A detailed study has been carried out to investigate the changes taking place in the electrodes of a direct methanol fuel cell (DMFC) upon their exposure to the hydrogen gas that is electrochemically evolved in situ in the electrodes. It is found that the individual, as well as the combined, H2 evolution treatment of both the anode and the cathode for a short amount of time causes a substantial improvement in the cell performance, which is attributed to their improved catalytic activities. The exposure of Pt and PtRu catalysts to evolved H2 is beneficial in reducing the surface oxides that are formed during DMFC operation. The performance losses originating from the catalyst oxidation in a continuous operation are successfully recovered by the H2 evolution method, and the DMFC has experienced a voltage loss of only 15mV during a 1383h durability test.

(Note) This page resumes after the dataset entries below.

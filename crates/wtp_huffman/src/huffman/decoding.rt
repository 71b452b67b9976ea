//! Decoding of Huffman-encoded text.
ghost use Rattle.std.specs.Prelude.{◌≡◌, ℕ, Bool, ◌+◌, ◌-◌, ◌*◌, ◌<◌, ◌≤◌, ◌^◌, List, [], ◌∷◌};
ghost use Rattle.std.specs.Prelude.{◌++◌, length, take, IfOk, OnOk, OnErr, MatchResult, IsOk};
ghost use Rattle.std.specs.Prelude.{IfErr, IsOkAnd, IsTrue, ◌↔◌, Err};
ghost use Rattle.std.specs.Vec.{vec_len, vec_capacity};
ghost use Rattle.wtp_huffman.specs.Huffman.{bits_of, low_bits, IsHuffman};
ghost use Rattle.wtp_huffman.specs.HuffmanDecoding.{waiting_bits, IsClear, IsCodedOn, Decodes};
ghost use Rattle.wtp_huffman.specs.HuffmanDecoding.{TellsAscii, window_of, InRow, IsWord};
ghost use Rattle.wtp_huffman.specs.HuffmanDecoding.{AppendsDecoded};
ghost use Rattle.wtp_huffman.specs.HuffmanEncoding.{BeginsWith};
ghost use Rattle.wtp_huffman.specs.declared.huffman.HuffmanError.TheVariants.{Invalid, Memory};

use super::HuffmanError;
use super::pairs::{PAIR_BITS, pair_entry};
use super::rows::{ROWS, SHORTEST, WINDOW, row_number, symbol_number};
use super::short::{LONGEST_SHORT, SHORT_LIMIT, short_entry};
use std::alloc::Global;
use std::mem::replace;

/// The symbol EOS (RFC 7541, section 5.2), which no text contains.
const END: u16 = 256;

/// The number of bits after a window in a 64-bit number.
const AFTER_WINDOW: u32 = u64::BITS - WINDOW;

/// The number of bits after the ones that look up one or two short words, in a 64-bit number.
const AFTER_PAIR: u32 = u64::BITS - PAIR_BITS;

/// The number of bits after four bytes in a 64-bit number.
const AFTER_FOUR: u32 = u64::BITS - u32::BITS;

/// The number of bits after a byte in a 64-bit number.
const AFTER_BYTE: u32 = u64::BITS - u8::BITS;

/// The number of bits of a window after the first eight, which look up a short word.
const AFTER_SHORT: u32 = WINDOW - LONGEST_SHORT;

/// Waiting bits below this number begin with a short word.
const SHORT_END: u64 = (SHORT_LIMIT as u64) << AFTER_WINDOW;

/// The window of ones only: padding, or the word of EOS.
const ONES: u32 = (1 << WINDOW) - 1;

/// A symbol, and the length of its word in bits.
#[derive(Clone, Copy)]
struct Found {
    bits: u32,
    symbol: u16,
}

/// Decodes a Huffman-encoded text.
///
/// The bytes must be code words followed by fewer than eight one bits (RFC 7541, section 5.2).
/// Allocates once: one byte for every five bits, because no word is shorter.
///
/// Returns [`HuffmanError::Invalid`] for other bytes, and [`HuffmanError::Memory`] if allocation
/// fails. An empty text allocates nothing and never fails.
pub fn decode(alloc: Global, text: &[u8]) -> Result<Vec<u8>, HuffmanError>
    ensures found { IfOk result (λ t. IsHuffman t.items text.now) }
    ensures only { (t : List ℕ) → IsHuffman t text.now
        → MatchResult result (λ v. v.items ≡ t) (λ e. e ≡ Memory) }
    ensures empty { length text.now ≡ 0 → IsOk result }
{
    let mut out = Vec::with_capacity(alloc, most_bytes(text))?;
    decode_to(&mut out, text)?;
    Ok(out)
}
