/// A session is open from the 2xx answer to its request on, and its request is refused by an answer of
/// 300 or more (draft-ietf-webtrans-http3-02, section 3.3). A request that asked for something else is
/// none of a session (RFC 9297, section 2), and a stream of a session is the own stream of none.
pub fn sessions_are_known_by_their_answers()
    ensures accepted { (c : Connection) (s : Stream) (m : Message) (status : ℕ)
        → s.part ≡ part.Unanswered true m → 200 ≤ status → status < 300
        → known_of c (answered s status) ≡ Open }
    ensures refused { (c : Connection) (s : Stream) (m : Message) (p : Place) (status : ℕ)
        → c.endpoint.side ≡ Server → s.part ≡ part.Unanswered true m → s.capsules ≡ Some p
        → 300 ≤ status → known_of c (answered s status) ≡ Refused }
    ensures other { (c : Connection) (s : Stream) (m : Message)
        → c.endpoint.side ≡ Server → s.capsules ≡ None
        → (s.part ≡ part.Body m) ⊎ (s.part ≡ part.Unanswered false m) → known_of c s ≡ Other }
    ensures member { (c : Connection) (s : Stream) → s.part ≡ part.OfSession
        → known_of c s ≡ Impossible }
    ensures open_alone { (c : Connection) (s : Stream) → known_of c s ≡ Open → IsSession s.part }
{}

/// The cancellation of a stream takes the acknowledgment that is due for its own section, and keeps that
/// which is due for the section of another stream (RFC 9204, sections 2.2.2.2 and 4.4.1).
pub fn cancellations_keep_other_acknowledgments()
    ensures other { (d : Decoder) (c : Connection) (required other id : ℕ)
        → c.decoder ≡ Some d → c.read ≡ Some (just_read required) → (other ≡ id → ⊥)
        → due_read (after_cancel c.decoder other c).decoder (after_cancel c.decoder other c).read id
        ≡ due_read c.decoder c.read id }
    ensures own { (d : Decoder) (c : Connection) (required id : ℕ)
        → c.decoder ≡ Some d → c.read ≡ Some (just_read required) → id < 2 ^ 62
        → due_read (after_cancel c.decoder id c).decoder (after_cancel c.decoder id c).read id ≡ None }
{}

/// No call consumes more bytes than it was passed, and those that an event refers to are the last of
/// them.
#[tactic(auto, using(crate::proofs::PlaceLemmas::received_placed, crate::proofs::PlaceLemmas::received_within))]
pub fn bytes_of_events_are_consumed_last()
    ensures within { (limit : ℕ) (c : Connection) (s : Stream) (bytes : List ℕ) (fin : Bool) (o : Outcome)
        → Receives limit c s bytes fin o → o.0 ≤ length bytes }
    ensures last { (limit : ℕ) (c : Connection) (s : Stream) (bytes : List ℕ) (fin : Bool) (o : Outcome)
        → Receives limit c s bytes fin o → IsPlaced o.1 o.0 bytes }
{}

These results show the effectiveness of using the H2 evolution method to reduce catalyst oxides and recover the performance losses of a DMFC. Various physical and electrochemical analyses are carried out to fully understand the mechanism and the consequences of the H2 evolution treatment in DMFCs.

Suggested Citation

  • Mehmood, Asad & Ha, Heung Yong, 2014. "Performance restoration of direct methanol fuel cells in long-term operation using a hydrogen evolution method," Applied Energy, Elsevier, vol. 114(C), pages 164-171.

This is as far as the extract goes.